State Council of Ceylon
- Citation: Ordinance No. 20 of 1931
- Territorial extent: British Ceylon
- Enacted by: State Council of Ceylon
- Enacted: 1931

= Land Settlement Ordinance =

Sri Lankan legislation

The Land Settlement Ordinance No. 20 of 1931 also known as the Land Settlement Ordinance was a legislation in British Ceylon on 5 November 1931 to adjudicate land ownership, formalize titles, and facilitate the redistribution of land for agricultural development. Enacted by the State Council of Ceylon, during the transition to limited self-rule under the Donoughmore Constitution; the ordinance was a key component of early land reform efforts driven by D. S. Senanayake, then Minister of Agriculture and Lands.
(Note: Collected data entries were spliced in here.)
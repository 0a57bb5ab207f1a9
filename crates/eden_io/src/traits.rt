//! A source and a sink, seen by what they tell and by their counts of faults.
ghost use Rattle.std.specs.Prelude.{◌≡◌, ◌<◌, ◌||◌, ℕ, Bool, Option, List, length, IfOk};
ghost use Rattle.std.specs.Io.{ReadsAtMost, WritesAtMost};
ghost use Rattle.std.specs.Io.KnownBytes.{ReadConsumes, WriteAppends};
ghost use Rattle.eden_io.specs.Causes.{HasCause};
ghost use Rattle.eden_io.specs.Taken.{meets_end};

use thiserror::Error;

/// A read or a write failed, and the count of faults of its source or sink rose.
#[derive(Clone, Copy, Debug, PartialEq, Eq, Error)]
#[error("a read or a write failed")]
pub struct Failed;

/// Where bytes come from.
pub trait Source {
    /// The bytes that are left. A source over a file or a terminal does not tell them.
    ghost left: { Self → Option (List ℕ) };

    /// Whether a read has met the end.
    ghost ended: { Self → Bool };

    /// How often a read has failed.
    ghost faults: { Self → ℕ };

    /// How often a read has failed. The count never falls, and stands still at 2^64 - 1.
    fn faults(&self) -> u64
        ensures { result ≡ faults self.now };

    /// Reads some bytes into the front of `out`, and answers how many.
    ///
    /// Where `out` is not empty, it answers 0 only at the end. It fails only where the count of
    /// faults rises.
    fn read(&mut self, out: &mut [u8]) -> Result<usize, Failed>
        ensures bound { ReadsAtMost result out.new }
        ensures bytes { ReadConsumes (left self.old) (left self.new) result out.new }
        ensures end { ended self.new ≡ (ended self.old || meets_end result out.new) }
        ensures cause { HasCause (faults self.old) (faults self.new) result };
}

/// Where bytes go.
pub trait Sink {
    /// The bytes that were written. A sink over a file or a terminal does not tell them.
    ghost written: { Self → Option (List ℕ) };

    /// How often a write has failed.
    ghost faults: { Self → ℕ };

    /// How often a write has failed. The count never falls, and stands still at 2^64 - 1.
    fn faults(&self) -> u64
        ensures { result ≡ faults self.now };

    /// Takes some bytes from the front of `bytes`, and answers how many.
    ///
    /// Of a piece that is not empty it takes at least one byte, or fails. It fails only where the
    /// count of faults rises.
    fn write(&mut self, bytes: &[u8]) -> Result<usize, Failed>
        ensures bound { WritesAtMost result bytes.now }
        ensures takes { IfOk result (λ n. 0 < length bytes.now → 0 < n) }
        ensures bytes { WriteAppends (written self.old) (written self.new) result bytes.now }
        ensures cause { HasCause (faults self.old) (faults self.new) result };
}
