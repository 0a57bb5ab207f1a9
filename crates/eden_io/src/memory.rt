//! A source and a sink in memory, which fail at the calls that are named to them.
ghost use Rattle.std.specs.Prelude.{◌≡◌, ◌≤◌, if◌then◌else◌, ◌<◌, ◌^◌, ◌==◌, ◌||◌, ◌++◌, [], false, true, length, take, drop, min};
ghost use Rattle.std.specs.Prelude.{is_err, IfOk, OnOk, OnErr, Some, nat_lt, ◌&&◌, ◌-◌};
ghost use Rattle.std.specs.Io.{ReadsAtMost, WritesAtMost};
ghost use Rattle.std.specs.Io.KnownBytes.{ReadConsumes, WriteAppends};
ghost use Rattle.eden_io.specs.Causes.{HasCause};
ghost use Rattle.eden_io.specs.Memory.{next_count, fails};
ghost use Rattle.eden_io.specs.Taken.{meets_end};

use crate::{Failed, Sink, Source};
use std::alloc::{AllocError, Global};
use std::marker::Model;

/// Want of memory.
pub type OutOfMemory = AllocError;

/// A source over bytes in memory. It tells what is left.
#[derive(Drop)]
pub struct MemSource {
    bytes: Vec<u8>,
    at: usize,
    ended: bool,
    calls: u64,
    failing: Vec<u32>,
    faults: u64,
}

impl Model for MemSource {
    ghost use Rattle.std.specs.Prelude.{◌≤◌, length, drop};
    ghost use Rattle.eden_io.specs.Memory.{SourceState};

    ghost Value = { SourceState };

    ghost view = { λ s. record {
      left = drop s.at s.bytes.items;
      ended = s.ended;
      calls = s.calls;
      failing = s.failing.items;
      faults = s.faults;
    } };

    ghost invariant = { λ s. s.at ≤ length s.bytes.items };
}

// The count that follows. It stands still at the end of its type.
fn raised(count: u64) -> u64
    ensures { result ≡ next_count count }
{
    count.saturating_add(1)
}

// Whether the call of this number is one of those that fail.
fn is_named(failing: &[u32], call: u64) -> bool
    ensures { result ≡ fails failing.now call }
{
    failing.iter().any(|n| u64::from(*n) == call)
}

// Copies what fits from the front of `from` to the front of `to`, and says how much.
fn copy_front(from: &[u8], to: &mut [u8]) -> usize
    ensures count { result ≡ min (length from.now) (length to.old) }
    ensures copied { take result to.new ≡ take result from.now }
{
    let count = from.len().min(to.len());
    let front = &mut to[..count];
    front.copy_from_slice(&from[..count]);
    count
}

impl MemSource {
    /// A source of these bytes. The calls of `read` with these numbers, from 1, fail, and no others.
    pub fn new(bytes: Vec<u8>, failing: Vec<u32>) -> MemSource
        ensures { result ≡ record { left = bytes.items; ended = false; calls = 0; failing = failing.items; faults = 0 } }
    {
        MemSource {
            bytes,
            at: 0,
            ended: false,
            calls: 0,
            failing,
            faults: 0,
        }
    }
}

impl Source for MemSource {
    ghost left = { λ s. Some s.left };

    ghost ended = { λ s. s.ended };

    ghost faults = { λ s. s.faults };

    fn faults(&self) -> u64 {
        self.faults
    }

    fn read(&mut self, out: &mut [u8]) -> Result<usize, Failed>
        ensures bound { ReadsAtMost result out.new }
        ensures bytes { ReadConsumes (Some self.old.left) (Some self.new.left) result out.new }
        ensures end { self.new.ended ≡ (self.old.ended || meets_end result out.new) }
        ensures cause { HasCause self.old.faults self.new.faults result }
        // It fails exactly at the calls that were named, and else gives as much as fits.
        ensures named { is_err result ≡ fails self.old.failing (next_count self.old.calls) }
        ensures fits { IfOk result (λ n. n ≡ min (length self.old.left) (length out.old)) }
        ensures counted { self.new.calls ≡ next_count self.old.calls }
        ensures faulted { self.new.faults ≡ (if is_err result then next_count self.old.faults else self.old.faults) }
        ensures same { self.new.failing ≡ self.old.failing }
    {
        self.calls = raised(self.calls);
        if is_named(&self.failing, self.calls) {
            self.faults = raised(self.faults);
            return Err(Failed);
        }
        let count = copy_front(&self.bytes[self.at..], out);
        self.at += count;
        if count == 0 && out.len() > 0 {
            self.ended = true;
        }
        Ok(count)
    }
}

/// A sink in memory, which keeps what is written and tells it.
#[derive(Drop)]
pub struct MemSink {
    step: u32,
    room: u32,
    bytes: Vec<u8>,
    calls: u64,
    failing: Vec<u32>,
    faults: u64,
}

impl Model for MemSink {
    ghost use Rattle.std.specs.Prelude.{◌≤◌, ◌<◌, length, vec_capacity};
    ghost use Rattle.eden_io.specs.Memory.{SinkState};

    ghost Value = { SinkState };

    ghost view = { λ s. record {
      step = s.step;
      room = s.room;
      written = s.bytes.items;
      calls = s.calls;
      failing = s.failing.items;
      faults = s.faults;
    } };

    ghost invariant = { λ s. (0 < s.step) × (length s.bytes.items ≤ s.room) × (s.room ≤ vec_capacity s.bytes) };
}

impl MemSink {
    /// A sink that takes at most `step` bytes in a call and `room` bytes in all.
    ///
    /// The calls of `write` with these numbers, from 1, fail, and so do those of a piece that is
    /// not empty where the room is spent. No other call fails. All memory is taken here.
    pub fn new(
        alloc: Global,
        step: u32,
        room: u32,
        failing: Vec<u32>,
    ) -> Result<MemSink, OutOfMemory>
        requires { 0 < step }
        ensures { IfOk result
            (λ sink. sink ≡ record { step = step; room = room; written = []; calls = 0; failing = failing.items; faults = 0 }) }
    {
        let bytes = Vec::with_capacity(alloc, room as usize)?;
        Ok(MemSink {
            step,
            room,
            bytes,
            calls: 0,
            failing,
            faults: 0,
        })
    }

    /// What was written.
    pub fn written(&self) -> &[u8]
        ensures { result.now ≡ self.now.written }
    {
        &self.bytes
    }
}

impl Sink for MemSink {
    ghost written = { λ s. Some s.written };

    ghost faults = { λ s. s.faults };

    fn faults(&self) -> u64 {
        self.faults
    }

    fn write(&mut self, bytes: &[u8]) -> Result<usize, Failed>
        ensures bound { WritesAtMost result bytes.now }
        ensures takes { IfOk result (λ n. 0 < length bytes.now → 0 < n) }
        ensures bytes { WriteAppends (Some self.old.written) (Some self.new.written) result bytes.now }
        ensures cause { HasCause self.old.faults self.new.faults result }
        // It fails exactly at the calls that were named, and where the room is spent.
        ensures named { is_err result ≡ (fails self.old.failing (next_count self.old.calls)
            || (nat_lt 0 (length bytes.now) && self.old.room == length self.old.written)) }
        ensures fits { IfOk result (λ n. n ≡ min (length bytes.now) (min self.old.step (self.old.room - length self.old.written))) }
        ensures counted { self.new.calls ≡ next_count self.old.calls }
        ensures faulted { self.new.faults ≡ (if is_err result then next_count self.old.faults else self.old.faults) }
        ensures same { self.new ≡ record self.old { calls = self.new.calls; written = self.new.written; faults = self.new.faults } }
    {
        self.calls = raised(self.calls);
        let left = self.room as usize - self.bytes.len();
        if is_named(&self.failing, self.calls) || (bytes.len() > 0 && left == 0) {
            self.faults = raised(self.faults);
            return Err(Failed);
        }
        let count = bytes.len().min(left.min(self.step as usize));
        match self.bytes.extend_from_slice(&bytes[..count]) {
            Ok(()) => Ok(count),
            Err(_) => unreachable!(),
        }
    }
}
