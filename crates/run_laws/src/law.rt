//! What holds besides of the runs of scripts that were read, over blocks.
ghost use Rattle.run_laws.specs.Besides.{LegalRunsHoldBesides, LegalPartsHoldBesides};
ghost use Rattle.run_laws.specs.Spent.{SpentDisksAreFull};

use eden_script::a_script_is_fit;
use history_laws::{
    a_node_that_is_down_rests, an_enabled_key_has_its_turn, every_monitor_is_held,
    first_part_follows_so_far, monitors_keep_their_variables,
};
use passive_blocks::blocks_are_a_layout;
use stream_laws::{pumps_take_so_many, streams_flow};
use undisturbed_runs::{checkpoints_are_answered, undisturbed_runs_are_complete};
use value_laws::histories_keep_limits;

/// Of each legal run of a script that was read, over eight disks at most that are handed in as they have to be: all values are values; who
/// is inside of a monitor holds it or waits for it, and touches no variable of another; each enabled key has its turn, and a node that is
/// down rests; each pipeline does what its functions say, whatever crashed, and takes so many invocations where nothing disturbs it; and
/// where a disk neither failed nor stopped, what its node asks of it comes to its end.
pub fn legal_runs_hold_besides()
    ensures whole { LegalRunsHoldBesides }

    // The same of a run that want of memory ended.
    ensures so_far { LegalPartsHoldBesides }
{
    a_script_is_fit();
    blocks_are_a_layout();
    first_part_follows_so_far();
    histories_keep_limits();
    every_monitor_is_held();
    an_enabled_key_has_its_turn();
    a_node_that_is_down_rests();
    monitors_keep_their_variables();
    streams_flow();
    pumps_take_so_many();
    undisturbed_runs_are_complete();
    checkpoints_are_answered();
}

/// A node whose disk began with an image of blocks on which the last sequence is used does not come up: each boot finds no room, unless a
/// device call fails or stops, or the last epoch is stored.
pub fn spent_disks_are_full()
    ensures { SpentDisksAreFull }
{}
It aimed to address the displacement of rural communities by the colonial plantation economy and the growing landlessness among peasants.

==Provisions of the Ordinance==
The ordinance empowered Settlement Officers to:

- Conduct public inquiries into land claims,
- Determine ownership and usage rights based on documents or testimony,
- Classify land as private, communal, or crown,
- Issue titles, grants, and permits,
- Prepare village settlement registers and land maps.

Appeals could be made to the District Court or the Supreme Court, but the bureaucratic nature of the process often disadvantaged illiterate or marginalized rural populations.